Stcrt. 2006, 21, datum inwerkingtreding 01-02-2006, bevat een wijziging met terugwerkende
kracht van dit artikel. Deze wijziging werkt terug tot en met 01-01-2006.
1 Het is verboden vis in Nederland aan te landen of te lossen in een andere haven dan
de havens Breskens (Gemeente Oostburg), Vlissingen, Vlaardingen, Colijnsplaat (Gemeente
Noord-Beveland), Stellendam (Gemeente Goedereede), Scheveningen (Gemeente 's-Gravenhage),
IJmuiden (Gemeente Velsen), Velsen, Den Helder, Den Oever (gemeente Wieringen), Harlingen,
Lauwersoog (Gemeente De Marne), Delfzijl, Termunterzijl (Gemeente Delfzijl), Eemshaven
(Gemeente Eemsmond) en Urk.
2 Het is verboden vis aan te landen of te lossen in de havens Breskens, Vlissingen,
Vlaardingen, Colijnsplaat, Stellendam, Scheveningen, IJmuiden, Velsen, Den Helder,
Den Oever, Harlingen, Lauwersoog, Delfzijl, Termunterzijl, Eemshaven en Urk.
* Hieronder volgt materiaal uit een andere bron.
//! The states found so far, numbered by their kernels.

ghost use Rattle.std.specs.Prelude.{◌≡◌, ◌<◌, ◌++◌, ◌∷◌, [], length, IfOk, OnOk, OnErr, IfSome};
ghost use Rattle.std.specs.Prelude.{IfNone};
ghost use Rattle.ylalr.specs.States.{IsFresh, HasKernel, IsKernelAt, Lacks, set_at, with_state};

use crate::items::Item;
use std::alloc::{AllocError, Global};
use std::collections::HashMap;
use std::marker::Model;
use ybitsets::list::Sequence;
use ysymbols::let_go;

/// The most states that an automaton may have.
pub const MOST_STATES: usize = 16_384;

/// Kernels, each once, and the number of each: its place, counted from 0.
struct KernelTable {
    kernels: Vec<Vec<Item>>,
    numbers: HashMap<Vec<Item>, usize>,
}

impl Drop for KernelTable {
    fn drop(self) {
        let KernelTable { kernels, numbers } = self;
        drop(kernels);
        drop(numbers);
    }
}

impl Model for KernelTable {
    ghost use Rattle.std.specs.Prelude.{List};
    ghost use Rattle.ylalr.specs.declared.items.Item.{Item};
    ghost use Rattle.ylalr.specs.States.{AreNumbered, kernels_of};

    ghost Value = { List (List Item) };

    ghost view = { λ t. kernels_of t.kernels.items };

    ghost invariant = { λ t. AreNumbered (kernels_of t.kernels.items) t.numbers };
}

impl KernelTable {
    /// No kernels.
    fn new(alloc: Global) -> KernelTable
        ensures { result ≡ [] }
    {
        KernelTable {
            kernels: Vec::new(alloc),
            numbers: HashMap::new(alloc),
        }
    }

    /// The number of this kernel, or `None` where it is not there.
    fn find(&self, kernel: &[Item]) -> Option<usize>
        ensures found { IfSome result (λ n. IsKernelAt self.now kernel.now n) }
        ensures lacks { IfNone result (Lacks self.now kernel.now) }
    {
        self.numbers.get(kernel).copied()
    }

    /// Adds a kernel that is not there. It fails only when memory runs out, and then adds nothing.
    fn push(&mut self, alloc: Global, kernel: &[Item]) -> Result<(), AllocError>
        requires { Lacks self.old kernel.now }
        ensures { OnOk result (self.new ≡ self.old ++ kernel.now ∷ []) }
    {
        let number = self.kernels.len();
        let key = Vec::from_slice(alloc, kernel)?;
        self.kernels.push(Vec::from_slice(alloc, kernel)?)?;
        match self.numbers.insert(key, number) {
            Ok(_) => Ok(()),
            Err(_) => {
                self.kernels.pop();
                Err(AllocError)
            }
        }
    }
}

/// The states so far: the kernel of each, and its items.
pub struct States {
    kernels: KernelTable,
    closures: Vec<Sequence<Item>>,
}

impl Drop for States {
    fn drop(self) {
        let_go!(self: States { kernels, closures });
    }
}

impl Model for States {
    ghost use Rattle.ylalr.specs.States.{StateLists};

    ghost Value = { StateLists };

    ghost view = { λ s. record { kernels = s.kernels; closures = s.closures.items } };
}

impl States {
    /// No states.
    pub fn new(alloc: Global) -> States
        ensures none { length result.closures ≡ 0 }
        ensures no_kernel { length result.kernels ≡ 0 }
    {
        States {
            kernels: KernelTable::new(alloc),
            closures: Vec::new(alloc),
        }
    }

    /// How many states there are.
    pub fn count(&self) -> usize
        ensures { result ≡ length self.now.closures }
    {
        self.closures.len()
    }

    /// The items of state `q`, by rule and then by dot.
    pub fn items(&self, q: usize) -> &[Item]
        requires { q < length self.now.closures }
        ensures { result.now ≡ set_at self.now.closures q }
    {
        self.closures[q].as_slice()
    }

    /// The number of the state with this kernel, or `None` where no state has it.
    pub fn find(&self, kernel: &[Item]) -> Option<usize>
        ensures found { IfSome result (λ n. HasKernel self.now kernel.now n) }
        ensures fresh { IfNone result (IsFresh self.now kernel.now) }
    {
        self.kernels.find(kernel)
    }

    /// Adds a state, with a kernel that no state has. It fails only when memory runs out.
    pub fn push(
        &mut self,
        alloc: Global,
        kernel: &[Item],
        items: Sequence<Item>,
    ) -> Result<(), AllocError>
        requires { IsFresh self.old kernel.now }
        ensures { OnOk result (self.new ≡ with_state self.old kernel.now items) }
    {
        self.kernels.push(alloc, kernel)?;
        self.closures.push(items)?;
        Ok(())
    }
}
3 Het is verboden in een in het tweede lid genoemde haven op een andere plaats onderscheidenlijk
plaatsen vis te lossen dan de in Bijlage 1 behorende bij deze regeling genoemde plaatsen.
4 Het verbod, bedoeld in het tweede lid, is niet van toepassing op vissersvaartuigen:
-
a. die behoren tot het segment MFL1 of MFL2, bedoeld in artikel 1, onderdeel l, van de
Regeling visvergunning, met uitzondering van vissersvaartuigen met een brutotonnage
van meer dan 1.200 BT waarmee de pelagische visserij wordt uitgeoefend, en die een
lengte over alles van meer dan 10 meter hebben, voor het lossen dat is aangevangen
in de havens en binnen de daarbij vermelde lostijden, bedoeld in Bijlage 2, behorende
bij deze regeling;
-
b. met een brutotonnage van meer dan 1.200 BT waarmee de pelagische visserij wordt uitgeoefend,
voor het lossen dat is aangevangen in de havens, bedoeld in Bijlage 2, behorende bij
deze regeling, alsmede in de haven van Velsen;
-
c. met een lengte over alles van 10 meter of minder;
-
d. die de vlag voeren van of geregistreerd zijn in een andere staat dan Nederland met
een lengte over alles van ten hoogste 59 meter, voor het lossen dat is aangevangen
in de havens en binnen de daarbij vermelde lostijden, bedoeld in Bijlage 2, behorend
bij deze regeling;
-
e. die de vlag voeren van of geregistreerd zijn in een andere staat dan Nederland met
een lengte over alles van meer dan 59 meter, voor het lossen dat is aangevangen in
de havens bedoeld in Bijlage 2, behorend bij deze regeling, alsmede in de haven van
Velsen.
5 Nadat het lossen is aangevangen, dient alle zich aan boord van het vissersvaartuig
bevindende vis, met uitzondering van paling, in één ononderbroken losbeurt in zijn
geheel te worden gelost.
6 Het is verboden aan te vangen met het lossen van vis indien de vis niet per verpakkingseenheid
naar vissoort voor zover genoemd in de bijlage 2, 3 en 4 van de Regeling vangstbeperking
is gesorteerd.
7 Het is verboden vis van soorten als bedoeld in bijlage 2, 3 en 4 van de Regeling vangstbeperking
te lossen tenzij deze vis per vissoort wordt gelost.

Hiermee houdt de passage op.